- January inflation plunges sharply to an over 2 year low of 6.55%, primarily underpinned by strong harvest helping food inflation to decline sharply apart from the significant base effect. However, the dip also is felt across the board.
- The policy bellwether core inflation falls finally to less than 7%, but more cheeringly, monthly momentum has shown signs of abating - a pleasant change from the past few months. However, inflationary expectations remain unhinged at more than 13% as on Dec'11.
- Input prices pressure are likely a reflection of a still relatively weak INR, and thus may pressure output prices further to undo softening in global commodity prices. Plus, firming up of crude provides no respite.
- Revisions are back in action: November inflation is revised up by 35bps, with core revising up whopping 43bps.
- Don't be fooled by the statistical anomaly of favorable base effect; Watch out for the sustained slowdown in sequential momentum. We are far from being out of the woods yet.
- Despite little overstated IIP slowdown, inflation continues to remain a pain for the policymakers.
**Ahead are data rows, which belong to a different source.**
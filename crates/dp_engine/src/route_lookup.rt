//! Looks up routes for a node run.
ghost use Rattle.std.specs.Prelude.{◌≡◌, ◌%◌, ◌^◌, ◌<◌, Some, length, option_map, slice_get};
ghost use Rattle.dp_model.specs.Prefixes.{hop_for};
ghost use Rattle.dp_engine.specs.Steps.{routes_of};

use dp_lpm::Tables;

// The hop of a table for the address in the low 32 bits of a number.
pub(crate) fn hop_in(tables: &Tables, table: u8, n: u64) -> Option<u32>
    requires { table < length tables.now }
    ensures { option_map (λ routes. hop_for routes (n % 2 ^ 32)) (slice_get (routes_of tables.now) table) ≡ Some result }
{
    tables.lookup(table, (n % 4294967296) as u32)
}
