//! Calls of one table of routes that no command makes. What tables answer is in tests/library/routes.py and tests/program/causes.py.

use super::cases::must;
use dp_lpm::{Lpm, MAX_GROUPS, MAX_HOP, MAX_RULES, MAX_TABLES};
use std::test::Fail;

// Whether rules are counted and looked up as they are added and deleted. The third replaces the first.
fn are_counted(table: &mut Lpm) -> bool {
    let (first, deep) = (0x0a01_0200, 0x0a01_0280);
    table.is_empty()
        && table.len() == 0
        && table.add(first, 24, 5) == Ok(())
        && table.add(deep, 25, 6) == Ok(())
        && table.add(first + 255, 24, 7) == Ok(())
        && table.len() == 2
        && !table.is_empty()
        && table.lookup(deep + 1) == Some(6)
        && table.delete(deep, 25) == Ok(())
        && table.lookup(deep + 1) == Some(7)
        && table.len() == 1
}

#[test]
fn rules_are_counted(rt: HostRuntime) -> Result<(), Fail> {
    let mut table = Lpm::new(rt.alloc(), 4, 1)?;
    must(&rt, are_counted(&mut table), "the rules");
    Ok(())
}

#[test]
fn the_limits_are_those_of_the_library(rt: HostRuntime) {
    dp_lpm::has_its_numbers();
    let are_limits = MAX_RULES == 65_536
        && MAX_GROUPS == 256
        && MAX_HOP == 16_777_215
        && MAX_TABLES == 4;
    must(&rt, are_limits, "the limits");
}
With expectations of pressure on imported and manufacturing inflation remains on the upside owing to confluence of both demand side (overstated slowdown) and supply side constraints (lack of industrial capex rebound), RBI is not likely to rush into a policy rate cut.
- While inflation likely to close the year at around 6.5%, inter-bank liquidity pressure are likely to remain in place despite consistent OMOs, giving leg room to the RBI for another 50 bps CRR cut in March. This is largely backed by the RBI's change in stance to use CRR as a liquidity tool.
- However we continue to expect the RBI to be little wary of touching the policy rates as yet. The pace of policy rate cut would be contingent on the extent of fiscal consolidation, evolution of the core and headline inflation once base effect wears off and global commodity prices driven imported inflation.